- [Task item]
Examine each line of the listing below. Copy those in which the string "with" appears.

- [Exercise data]
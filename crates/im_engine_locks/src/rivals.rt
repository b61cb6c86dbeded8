//! The smallest holder in conflict with what is asked.

ghost use Rattle.std.specs.Prelude.{◌≡◌, map};
ghost use Rattle.im_theory_machine.specs.Table.{held_of};
ghost use Rattle.im_engine_locks.specs.Requests.{row, named};
ghost use Rattle.im_engine_locks.specs.Index.{seen, smaller_of, IsLeast};
ghost use Rattle.im_engine_locks.specs.InStep.{owned};
ghost use Rattle.im_engine_locks.specs.Places.{is_barred as is_barred_at, is_rival, is_rival_of, list_in, rival_in};

use crate::name::Name;
use crate::name_index::NameIndex;
use crate::own_locks::OwnLocks;
use crate::place::Place;
use crate::request::Request;
use crate::stored_lock::{StoredLock, is_at};
use im_base_types::TxnId;
use im_theory_machine::Mode;
use std::collections::HashMap;

/// The smallest number of a holder in conflict with what `t` asks.
pub fn smallest_rival(
    names: &NameIndex,
    owners: &HashMap<TxnId, OwnLocks>,
    t: TxnId,
    requests: &[Request<'_>],
) -> Option<TxnId>
    ensures { IsLeast (is_rival_of names.now (owned owners.now) t (row requests.now)) result }
{
    let mut least: Option<TxnId> = None;
    for request in requests {
        least = smaller(
            least,
            names.smallest_rival(owners, t, request.name, request.mode),
        );
    }
    least
}

/// The smallest number of an owner of a lock at one of these places that is against `t`, who asks for the name in this mode.
pub fn smallest_among(
    places: &[Place],
    owners: &HashMap<TxnId, OwnLocks>,
    t: TxnId,
    name: Name<'_>,
    mode: Mode,
) -> Option<TxnId>
    ensures { IsLeast (is_rival places.now (owned owners.now) t (named name.entry) mode) result }
{
    let mut least: Option<TxnId> = None;
    for place in places {
        least = smaller(least, rival(place, owners, t, name, mode));
    }
    least
}

/// The owner of the lock at this place, where it is against `t`.
pub fn rival(
    place: &Place,
    owners: &HashMap<TxnId, OwnLocks>,
    t: TxnId,
    name: Name<'_>,
    mode: Mode,
) -> Option<TxnId>
    ensures { result ≡ rival_in place.now (owned owners.now) t (named name.entry) mode }
{
    if place.owner != t && is_against(place, owners, name, mode) {
        Some(place.owner)
    } else {
        None
    }
}

// Whether the lock at this place is on the name, and conflicts with a lock of another owner in this mode.
fn is_against(place: &Place, owners: &HashMap<TxnId, OwnLocks>, name: Name<'_>, mode: Mode) -> bool
    ensures { result ≡ is_barred_at (list_in (held_of (owned owners.now) place.now.owner) place.now.span) place.now.at (named name.entry) mode }
{
    match owners.get(&place.owner) {
        Some(own) => is_barred(own.list(place.span), place.at, name, mode),
        None => false,
    }
}

// The same of a list.
fn is_barred(locks: &[StoredLock], at: usize, name: Name<'_>, mode: Mode) -> bool
    ensures { result ≡ is_barred_at (map seen locks.now) at (named name.entry) mode }
{
    is_at(locks, at, name, Mode::Exclusive)
        || mode == Mode::Exclusive && is_at(locks, at, name, Mode::Shared)
}

/// The smaller of two numbers that may be missing.
pub fn smaller(a: Option<TxnId>, b: Option<TxnId>) -> Option<TxnId>
    ensures { result ≡ smaller_of a b }
{
    match (a, b) {
        (None, b) => b,
        (Some(x), None) => Some(x),
        (Some(x), Some(y)) => Some(if y < x { y } else { x }),
    }
}
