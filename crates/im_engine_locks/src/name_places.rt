//! Places of locks, looked up by name, added and taken out.

ghost use Rattle.std.specs.Prelude.{◌≡◌, [], not, IfOk, map, true, false};
ghost use Rattle.im_theory_machine.specs.Locks.{Name as LockName, At, PastAll};
ghost use Rattle.im_engine_locks.specs.Requests.{named};
ghost use Rattle.im_engine_locks.specs.Keys.{digest};
ghost use Rattle.im_engine_locks.specs.Index.{seen, IsLeast};
ghost use Rattle.im_engine_locks.specs.InStep.{owned};
ghost use Rattle.im_engine_locks.specs.Places.{finds as finds_in, is_among, is_rival, listed, places_at, places_in, KeepsAll, KeepsAllIn, KeepsBut, KeepsButIn, KeepsList, KeepsListBut};

use crate::bucket::{Bucket, finds};
use crate::name::Name;
use crate::name_index::NameIndex;
use crate::own_locks::OwnLocks;
use crate::place::Place;
use crate::rivals::smallest_among;
use crate::stored_lock::StoredLock;
use im_base_types::TxnId;
use im_theory_machine::Mode;
use std::alloc::{AllocError, Global};
use std::collections::HashMap;
use std::collections::hash_map::Entry;
use std::hash::{FoldHasher, Hasher};

impl NameIndex {
    /// The smallest number of a holder of the name that is against `t`, who asks in this mode.
    pub fn smallest_rival(
        &self,
        owners: &HashMap<TxnId, OwnLocks>,
        t: TxnId,
        name: Name<'_>,
        mode: Mode,
    ) -> Option<TxnId>
        ensures { IsLeast (is_rival (places_at self.now (named name.entry)) (owned owners.now) t (named name.entry) mode) result }
    {
        match name {
            Name::Key(key) => match self.keys.get(&digest_of(key)) {
                Some(bucket) => bucket.smallest_rival(owners, t, name, mode),
                None => None,
            },
            Name::End => smallest_among(self.end.as_slice(), owners, t, name, mode),
        }
    }

    /// One place more, of a lock on the name in this mode, where no lock of its list is that: the list is lent. Answers whether it was added.
    pub fn add(
        &mut self,
        name: Name<'_>,
        mode: Mode,
        place: Place,
        locks: &[StoredLock],
    ) -> Result<bool, AllocError>
        ensures new { IfOk result (λ new. new ≡ not (finds_in (places_at self.old (named name.entry)) place.owner place.span (map seen locks.now) (named name.entry) mode)) }
        ensures there { IfOk result (λ new. new ≡ true → is_among (places_at self.new (named name.entry)) place.owner place.span place.at ≡ true) }
        ensures kept { KeepsAll self.old self.new }
    {
        match name {
            Name::Key(key) => {
                let alloc = *self.end.allocator();
                add_at(alloc, &mut self.keys, key, mode, place, locks)
            }
            Name::End => add_to(&mut self.end, mode, place, locks),
        }
    }

    /// Takes the place of a lock on the name out, and no other.
    pub fn remove(&mut self, name: Name<'_>, place: Place)
        ensures gone { is_among (places_at self.new (named name.entry)) place.owner place.span place.at ≡ false }
        ensures kept { KeepsBut place self.old self.new }
    {
        match name {
            Name::Key(key) => remove_at(&mut self.keys, key, place),
            Name::End => take_out(&mut self.end, place),
        }
    }

    /// Takes all places out.
    pub fn clear(&mut self)
        ensures { (n : LockName) → places_at self.new n ≡ [] }
    {
        self.keys.clear();
        self.end.clear();
    }
}

// A number by which a key is found: it is made of all bytes at once.
fn digest_of(key: &[u8]) -> u64
    ensures { result ≡ digest key.now }
{
    let mut hasher = FoldHasher::default();
    hasher.write(key);
    hasher.finish()
}

// One place more of a lock past the last key, where its list has none.
fn add_to(
    places: &mut Vec<Place>,
    mode: Mode,
    place: Place,
    locks: &[StoredLock],
) -> Result<bool, AllocError>
    ensures new { IfOk result (λ new. new ≡ not (finds_in places.old.items place.owner place.span (map seen locks.now) PastAll mode)) }
    ensures there { IfOk result (λ new. new ≡ true → is_among places.new.items place.owner place.span place.at ≡ true) }
    ensures kept { KeepsList places.old.items places.new.items }
{
    if finds(
        places.as_slice(),
        place.owner,
        place.span,
        locks,
        Name::End,
        mode,
    ) {
        return Ok(false);
    }
    places.push(place)?;
    Ok(true)
}

// One place more of a lock on a key of this digest, where its list has none on this key.
fn add_in(
    bucket: &mut Bucket,
    key: &[u8],
    mode: Mode,
    place: Place,
    locks: &[StoredLock],
) -> Result<bool, AllocError>
    ensures new { IfOk result (λ new. new ≡ not (finds_in (listed bucket.old) place.owner place.span (map seen locks.now) (At key.now) mode)) }
    ensures there { IfOk result (λ new. new ≡ true → is_among (listed bucket.new) place.owner place.span place.at ≡ true) }
    ensures kept { KeepsList (listed bucket.old) (listed bucket.new) }
{
    if bucket.finds(place.owner, place.span, locks, Name::Key(key), mode) {
        return Ok(false);
    }
    bucket.push(place)?;
    Ok(true)
}

// One place more of a lock on a key, where its list has none.
fn add_at(
    alloc: Global,
    keys: &mut HashMap<u64, Bucket>,
    key: &[u8],
    mode: Mode,
    place: Place,
    locks: &[StoredLock],
) -> Result<bool, AllocError>
    ensures new { IfOk result (λ new. new ≡ not (finds_in (places_in keys.old (digest key.now)) place.owner place.span (map seen locks.now) (At key.now) mode)) }
    ensures there { IfOk result (λ new. new ≡ true → is_among (places_in keys.new (digest key.now)) place.owner place.span place.at ≡ true) }
    ensures kept { KeepsAllIn keys.old keys.new }
{
    match keys.entry(digest_of(key))? {
        Entry::Occupied(there) => add_in(there.into_mut(), key, mode, place, locks),
        Entry::Vacant(there) => {
            there.insert(Bucket::one(alloc, place));
            Ok(true)
        }
    }
}

// Takes the place of a lock on a key out, and the digest where none is left.
fn remove_at(keys: &mut HashMap<u64, Bucket>, key: &[u8], place: Place)
    ensures gone { is_among (places_in keys.new (digest key.now)) place.owner place.span place.at ≡ false }
    ensures kept { KeepsButIn place keys.old keys.new }
{
    let Ok(entry) = keys.entry(digest_of(key)) else {
        return;
    };
    match entry {
        Entry::Occupied(mut there) => {
            if there.get_mut().take_out(place) {
                there.remove();
            }
        }
        Entry::Vacant(_) => {}
    }
}

// Takes a place out of a list.
fn take_out(places: &mut Vec<Place>, place: Place)
    ensures gone { is_among places.new.items place.owner place.span place.at ≡ false }
    ensures kept { KeepsListBut place places.old.items places.new.items }
{
    places.retain(|p| !p.is(place));
}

- [Finished exercise]
//! The smallest holder in conflict with what is asked.
/// The smallest number of a holder in conflict with what `t` asks.
// Whether the lock at this place is on the name, and conflicts with a lock of another owner in this mode.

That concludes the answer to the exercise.